Stored data
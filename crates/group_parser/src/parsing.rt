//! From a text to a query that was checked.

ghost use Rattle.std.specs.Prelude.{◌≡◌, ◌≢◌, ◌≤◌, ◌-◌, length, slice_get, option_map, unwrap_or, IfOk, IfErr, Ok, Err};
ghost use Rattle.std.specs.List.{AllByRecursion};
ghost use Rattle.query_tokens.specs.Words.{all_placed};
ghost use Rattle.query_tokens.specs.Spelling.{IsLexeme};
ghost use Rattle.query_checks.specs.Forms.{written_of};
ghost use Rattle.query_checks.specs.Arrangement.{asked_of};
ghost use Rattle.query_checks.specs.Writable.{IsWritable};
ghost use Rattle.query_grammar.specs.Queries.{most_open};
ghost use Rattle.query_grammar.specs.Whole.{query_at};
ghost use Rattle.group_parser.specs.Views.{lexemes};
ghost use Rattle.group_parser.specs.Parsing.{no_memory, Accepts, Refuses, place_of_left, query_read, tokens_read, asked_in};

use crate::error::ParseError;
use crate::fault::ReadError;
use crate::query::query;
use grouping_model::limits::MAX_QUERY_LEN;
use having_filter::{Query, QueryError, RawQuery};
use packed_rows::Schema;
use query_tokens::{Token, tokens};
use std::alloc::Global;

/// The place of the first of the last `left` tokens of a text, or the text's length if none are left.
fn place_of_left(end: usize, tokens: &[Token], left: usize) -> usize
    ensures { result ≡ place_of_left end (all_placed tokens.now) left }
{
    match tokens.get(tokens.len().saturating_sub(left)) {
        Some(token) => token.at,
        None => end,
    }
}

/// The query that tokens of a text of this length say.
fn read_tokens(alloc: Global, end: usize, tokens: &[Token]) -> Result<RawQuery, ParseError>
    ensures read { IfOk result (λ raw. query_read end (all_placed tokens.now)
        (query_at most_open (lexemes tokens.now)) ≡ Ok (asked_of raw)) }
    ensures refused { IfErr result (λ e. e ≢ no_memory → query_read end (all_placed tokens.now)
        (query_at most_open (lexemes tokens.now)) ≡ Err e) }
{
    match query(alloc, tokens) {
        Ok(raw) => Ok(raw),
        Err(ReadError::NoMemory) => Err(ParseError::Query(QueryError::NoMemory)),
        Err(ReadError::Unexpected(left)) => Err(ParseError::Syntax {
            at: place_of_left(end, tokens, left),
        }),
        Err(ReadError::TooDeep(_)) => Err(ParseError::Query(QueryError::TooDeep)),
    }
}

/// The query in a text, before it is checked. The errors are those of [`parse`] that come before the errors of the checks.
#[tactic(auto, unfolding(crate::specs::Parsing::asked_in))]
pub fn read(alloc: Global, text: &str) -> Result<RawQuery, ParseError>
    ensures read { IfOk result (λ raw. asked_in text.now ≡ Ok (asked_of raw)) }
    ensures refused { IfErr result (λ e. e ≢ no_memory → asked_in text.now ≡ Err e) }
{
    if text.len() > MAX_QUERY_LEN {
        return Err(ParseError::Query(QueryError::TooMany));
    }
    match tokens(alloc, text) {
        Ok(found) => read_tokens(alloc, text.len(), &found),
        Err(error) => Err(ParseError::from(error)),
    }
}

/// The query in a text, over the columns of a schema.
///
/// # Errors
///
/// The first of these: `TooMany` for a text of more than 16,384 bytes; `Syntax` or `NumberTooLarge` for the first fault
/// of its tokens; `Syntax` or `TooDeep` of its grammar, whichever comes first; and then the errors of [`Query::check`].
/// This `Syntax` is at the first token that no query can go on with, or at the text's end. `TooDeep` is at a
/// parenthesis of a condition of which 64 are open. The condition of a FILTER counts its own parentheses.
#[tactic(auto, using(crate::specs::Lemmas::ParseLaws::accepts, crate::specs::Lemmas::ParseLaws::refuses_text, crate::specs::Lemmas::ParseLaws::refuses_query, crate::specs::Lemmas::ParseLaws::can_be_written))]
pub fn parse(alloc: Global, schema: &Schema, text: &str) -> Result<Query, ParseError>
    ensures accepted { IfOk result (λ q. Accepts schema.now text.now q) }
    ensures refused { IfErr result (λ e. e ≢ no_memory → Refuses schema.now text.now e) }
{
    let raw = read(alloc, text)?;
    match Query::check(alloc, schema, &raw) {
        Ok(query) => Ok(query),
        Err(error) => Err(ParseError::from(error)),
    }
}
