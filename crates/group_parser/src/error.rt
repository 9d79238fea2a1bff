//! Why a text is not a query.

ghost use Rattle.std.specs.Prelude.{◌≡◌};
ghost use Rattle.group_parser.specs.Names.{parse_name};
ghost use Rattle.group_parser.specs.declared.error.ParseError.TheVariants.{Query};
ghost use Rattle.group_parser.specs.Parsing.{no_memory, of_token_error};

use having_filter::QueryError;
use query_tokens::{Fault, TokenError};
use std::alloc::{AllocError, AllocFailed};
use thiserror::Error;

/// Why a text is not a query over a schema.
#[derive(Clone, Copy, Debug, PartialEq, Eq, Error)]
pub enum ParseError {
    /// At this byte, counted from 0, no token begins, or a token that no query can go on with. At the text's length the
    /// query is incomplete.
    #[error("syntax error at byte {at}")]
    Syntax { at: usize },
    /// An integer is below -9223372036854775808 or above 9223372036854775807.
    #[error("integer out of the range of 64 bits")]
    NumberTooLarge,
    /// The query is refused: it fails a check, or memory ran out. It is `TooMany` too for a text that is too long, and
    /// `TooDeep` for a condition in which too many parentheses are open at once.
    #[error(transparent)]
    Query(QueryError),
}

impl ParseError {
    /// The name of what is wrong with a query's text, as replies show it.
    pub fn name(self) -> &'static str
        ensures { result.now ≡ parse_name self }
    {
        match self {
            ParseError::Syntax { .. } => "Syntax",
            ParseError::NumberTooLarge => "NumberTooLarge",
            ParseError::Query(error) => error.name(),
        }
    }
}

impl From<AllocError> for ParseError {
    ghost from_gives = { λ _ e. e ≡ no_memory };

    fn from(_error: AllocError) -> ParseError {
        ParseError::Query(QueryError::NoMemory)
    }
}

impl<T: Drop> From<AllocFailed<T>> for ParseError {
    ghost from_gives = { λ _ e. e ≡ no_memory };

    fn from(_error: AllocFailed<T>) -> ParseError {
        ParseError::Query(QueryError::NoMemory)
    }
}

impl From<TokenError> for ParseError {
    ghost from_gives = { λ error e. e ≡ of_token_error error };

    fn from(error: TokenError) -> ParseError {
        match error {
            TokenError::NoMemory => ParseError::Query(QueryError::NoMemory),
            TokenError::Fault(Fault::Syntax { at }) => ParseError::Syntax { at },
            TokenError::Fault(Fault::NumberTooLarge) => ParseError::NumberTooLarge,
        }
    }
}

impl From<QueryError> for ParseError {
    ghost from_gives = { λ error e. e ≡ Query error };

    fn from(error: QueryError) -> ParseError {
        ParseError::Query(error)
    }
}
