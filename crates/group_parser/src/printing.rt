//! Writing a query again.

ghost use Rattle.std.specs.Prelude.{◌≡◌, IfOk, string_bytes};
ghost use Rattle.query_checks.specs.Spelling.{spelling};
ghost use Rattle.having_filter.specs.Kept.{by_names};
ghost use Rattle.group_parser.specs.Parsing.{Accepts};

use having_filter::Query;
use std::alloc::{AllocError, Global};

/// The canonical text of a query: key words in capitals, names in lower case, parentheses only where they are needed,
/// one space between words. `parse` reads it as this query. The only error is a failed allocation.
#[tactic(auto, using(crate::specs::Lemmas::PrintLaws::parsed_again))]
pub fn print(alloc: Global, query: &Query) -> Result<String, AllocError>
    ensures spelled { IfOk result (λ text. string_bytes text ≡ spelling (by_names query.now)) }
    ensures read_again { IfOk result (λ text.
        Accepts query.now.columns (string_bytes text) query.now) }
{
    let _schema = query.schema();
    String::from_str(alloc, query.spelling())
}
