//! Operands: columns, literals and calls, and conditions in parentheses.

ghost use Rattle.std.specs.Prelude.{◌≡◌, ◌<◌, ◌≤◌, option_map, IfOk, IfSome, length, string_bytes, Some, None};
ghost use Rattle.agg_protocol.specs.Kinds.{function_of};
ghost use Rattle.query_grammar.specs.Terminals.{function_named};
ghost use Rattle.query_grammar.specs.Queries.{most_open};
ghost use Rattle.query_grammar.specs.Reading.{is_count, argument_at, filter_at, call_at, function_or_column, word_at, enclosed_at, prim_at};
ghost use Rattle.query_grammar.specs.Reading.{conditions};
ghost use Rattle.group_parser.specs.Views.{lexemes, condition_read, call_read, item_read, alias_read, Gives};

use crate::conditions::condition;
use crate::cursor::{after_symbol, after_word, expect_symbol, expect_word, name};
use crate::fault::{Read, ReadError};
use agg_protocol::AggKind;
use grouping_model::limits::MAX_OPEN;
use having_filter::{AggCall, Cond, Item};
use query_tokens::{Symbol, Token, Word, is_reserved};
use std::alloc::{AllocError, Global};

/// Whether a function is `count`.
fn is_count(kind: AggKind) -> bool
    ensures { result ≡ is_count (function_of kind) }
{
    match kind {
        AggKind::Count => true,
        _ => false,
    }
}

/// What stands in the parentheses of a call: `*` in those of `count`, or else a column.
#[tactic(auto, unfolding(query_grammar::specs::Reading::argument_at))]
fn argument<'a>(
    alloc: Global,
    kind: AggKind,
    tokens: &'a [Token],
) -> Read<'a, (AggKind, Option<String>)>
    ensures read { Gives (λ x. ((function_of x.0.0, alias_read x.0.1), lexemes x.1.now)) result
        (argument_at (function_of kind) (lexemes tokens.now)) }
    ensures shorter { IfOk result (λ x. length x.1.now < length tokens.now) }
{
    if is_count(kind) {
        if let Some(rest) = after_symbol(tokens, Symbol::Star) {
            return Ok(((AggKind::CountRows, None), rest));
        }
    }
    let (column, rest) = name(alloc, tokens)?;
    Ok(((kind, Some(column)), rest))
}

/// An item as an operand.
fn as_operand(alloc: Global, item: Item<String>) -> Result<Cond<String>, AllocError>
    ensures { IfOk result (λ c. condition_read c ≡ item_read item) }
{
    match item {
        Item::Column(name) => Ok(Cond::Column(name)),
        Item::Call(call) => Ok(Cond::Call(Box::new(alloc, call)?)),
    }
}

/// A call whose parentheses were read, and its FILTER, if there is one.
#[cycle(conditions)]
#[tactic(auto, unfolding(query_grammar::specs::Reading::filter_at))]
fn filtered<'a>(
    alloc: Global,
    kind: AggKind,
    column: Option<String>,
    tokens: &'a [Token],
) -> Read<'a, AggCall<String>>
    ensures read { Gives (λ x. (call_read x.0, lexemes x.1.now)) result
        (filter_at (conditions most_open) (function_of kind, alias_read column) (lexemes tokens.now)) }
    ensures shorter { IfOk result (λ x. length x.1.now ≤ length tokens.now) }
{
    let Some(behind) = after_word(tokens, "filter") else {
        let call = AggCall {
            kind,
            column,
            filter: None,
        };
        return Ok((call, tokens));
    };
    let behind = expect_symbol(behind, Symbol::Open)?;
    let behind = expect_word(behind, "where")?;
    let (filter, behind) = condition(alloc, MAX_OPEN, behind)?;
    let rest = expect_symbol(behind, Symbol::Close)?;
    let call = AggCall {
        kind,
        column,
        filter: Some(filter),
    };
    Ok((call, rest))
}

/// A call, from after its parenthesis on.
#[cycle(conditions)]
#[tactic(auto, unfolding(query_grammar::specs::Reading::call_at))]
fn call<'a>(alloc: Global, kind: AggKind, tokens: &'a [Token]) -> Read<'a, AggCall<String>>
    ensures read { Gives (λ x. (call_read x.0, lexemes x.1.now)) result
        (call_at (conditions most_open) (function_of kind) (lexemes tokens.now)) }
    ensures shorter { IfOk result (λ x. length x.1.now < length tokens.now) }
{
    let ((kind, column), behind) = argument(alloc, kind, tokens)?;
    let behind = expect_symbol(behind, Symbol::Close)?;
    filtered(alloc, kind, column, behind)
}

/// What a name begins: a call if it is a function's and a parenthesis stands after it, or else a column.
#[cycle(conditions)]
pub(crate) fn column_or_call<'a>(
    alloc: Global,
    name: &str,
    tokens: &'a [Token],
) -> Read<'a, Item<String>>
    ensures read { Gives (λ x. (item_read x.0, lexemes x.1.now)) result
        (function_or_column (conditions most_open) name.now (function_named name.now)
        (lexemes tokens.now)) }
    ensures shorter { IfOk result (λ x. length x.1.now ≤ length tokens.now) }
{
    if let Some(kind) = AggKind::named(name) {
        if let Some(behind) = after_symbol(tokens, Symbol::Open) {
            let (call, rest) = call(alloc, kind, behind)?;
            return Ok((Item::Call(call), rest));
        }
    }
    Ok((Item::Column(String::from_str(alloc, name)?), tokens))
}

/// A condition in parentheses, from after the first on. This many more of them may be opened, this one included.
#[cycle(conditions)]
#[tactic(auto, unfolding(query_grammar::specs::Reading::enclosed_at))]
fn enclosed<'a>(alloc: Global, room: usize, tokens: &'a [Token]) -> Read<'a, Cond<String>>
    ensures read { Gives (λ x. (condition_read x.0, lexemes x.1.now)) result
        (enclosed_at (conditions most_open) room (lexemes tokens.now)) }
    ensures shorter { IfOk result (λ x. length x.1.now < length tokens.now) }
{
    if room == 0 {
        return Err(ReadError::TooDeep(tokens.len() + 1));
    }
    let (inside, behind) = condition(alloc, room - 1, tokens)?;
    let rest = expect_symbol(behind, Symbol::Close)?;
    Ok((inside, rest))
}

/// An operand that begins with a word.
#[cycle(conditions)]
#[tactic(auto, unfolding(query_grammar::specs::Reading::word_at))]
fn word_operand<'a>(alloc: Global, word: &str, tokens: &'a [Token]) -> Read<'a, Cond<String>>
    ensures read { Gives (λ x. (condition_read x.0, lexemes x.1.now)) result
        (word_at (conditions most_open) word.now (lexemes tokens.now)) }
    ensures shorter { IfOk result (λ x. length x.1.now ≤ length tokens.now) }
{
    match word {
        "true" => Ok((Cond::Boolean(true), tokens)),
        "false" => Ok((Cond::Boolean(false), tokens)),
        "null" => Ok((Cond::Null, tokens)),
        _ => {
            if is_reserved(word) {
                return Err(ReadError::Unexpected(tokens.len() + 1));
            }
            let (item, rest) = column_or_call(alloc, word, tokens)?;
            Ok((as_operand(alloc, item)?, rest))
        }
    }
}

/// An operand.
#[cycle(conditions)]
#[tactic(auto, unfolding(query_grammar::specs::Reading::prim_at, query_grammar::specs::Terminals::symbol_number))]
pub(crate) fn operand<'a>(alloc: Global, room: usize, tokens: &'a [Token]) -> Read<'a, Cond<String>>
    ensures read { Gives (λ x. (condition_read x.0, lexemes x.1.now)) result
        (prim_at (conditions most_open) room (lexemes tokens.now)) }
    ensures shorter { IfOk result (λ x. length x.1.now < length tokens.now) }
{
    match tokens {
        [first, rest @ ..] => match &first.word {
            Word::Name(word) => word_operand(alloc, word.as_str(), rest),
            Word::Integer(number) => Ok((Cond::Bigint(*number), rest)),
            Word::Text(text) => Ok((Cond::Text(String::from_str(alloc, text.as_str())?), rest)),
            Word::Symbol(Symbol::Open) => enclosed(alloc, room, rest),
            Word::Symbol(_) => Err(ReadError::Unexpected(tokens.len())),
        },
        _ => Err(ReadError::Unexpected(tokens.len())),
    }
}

Exercise description – Within the data above, the lines from the one with "return Ok(((AggKind::CountRows, None), rest));" to the one with "there is one." must be repeated exactly; no other line belongs in the answer.

Exercise response –
            return Ok(((AggKind::CountRows, None), rest));
        }
    }
    let (column, rest) = name(alloc, tokens)?;
    Ok(((kind, Some(column)), rest))
}

/// An item as an operand.
fn as_operand(alloc: Global, item: Item<String>) -> Result<Cond<String>, AllocError>
    ensures { IfOk result (λ c. condition_read c ≡ item_read item) }
{
    match item {
        Item::Column(name) => Ok(Cond::Column(name)),
        Item::Call(call) => Ok(Cond::Call(Box::new(alloc, call)?)),
    }
}

/// A call whose parentheses were read, and its FILTER, if there is one.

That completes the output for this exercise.